CNPC & SINOPEC DENIES
China National Petroleum Corp and Sinopec, China's top two state-owned oil companies, have denied they are considering merging to form a giant monopoly after rumours prompted both companies' Hong Kong-listed shares to jump on Monday.
PetroChina, CNPC's listed arm, said on Tuesday it had not received "any information, written or verbal, from any government authority" regarding a merger. Sinopec issued a similar denial to the Hong Kong exchange.
The idea of an oil merger first surfaced in February, after China's two state-owned rail companies agreed to combine to better compete in international tenders.
The country's two top nuclear groups have also been ordered to co-ordinate internationally but are resisting the idea of a domestic merger.

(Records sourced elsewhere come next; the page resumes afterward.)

//! What is answered for a set of clauses.

/// The outcome of the plain tree, with the number of nodes that were visited.
#[derive(Clone, Copy, Debug, PartialEq, Eq, Drop)]
pub enum Verdict {
    /// No node is a model: no assignment satisfies the clauses.
    Closed(u32),
    /// The last visited node is a model.
    Model(u32),
    /// More nodes are visited than the budget allows.
    Spent,
}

Unlike rail companies, which must compete internationally as China's domestic rail buildout slows, the oil companies' main business is in the Chinese market. Critics say a merged oil group would be a more bloated and less efficient version of the current duopoly.
Both companies were created in the 1990s from the division of the former Ministry of Petroleum Industry, a powerful body that played a substantial role not only in Chinese energy and industrial policy but also in political factions.
They are under siege from a nearly two-year anti-corruption campaign that is rooting out the political support base of former energy and security tsar Zhou Yongkang, whose early career was spent in the oil towns at the heart of CNPC and Sinopec.
Mr Zhou was formally charged with "bribery, abuse of power and intentional disclosure of state secrets".
On Monday Chinese anti-corruption investigators detained Wang Tianpu, Sinopec's second-in-command. Chinese financial magazine Caixin reported that Mr Wang had fronted for the business interests of Mr Zhou's son, Zhou Bin, who is also in detention.
Mr Wang was also among those reprimanded for the explosion of crude leaking from an oil pipeline that killed 62 people in the coastal city of Qingdao in 2013.
Mr Wang had survived previous corruption purges at Sinopec, including the 2007 scandal that claimed the then-head of Sinopec and the then-mayor of Qingdao amid allegations of improper land deals by the two mens' shared mistress.
Sinopec remains under the control of Fu Chengyu, a rising star who previously headed smaller rival, Cnooc.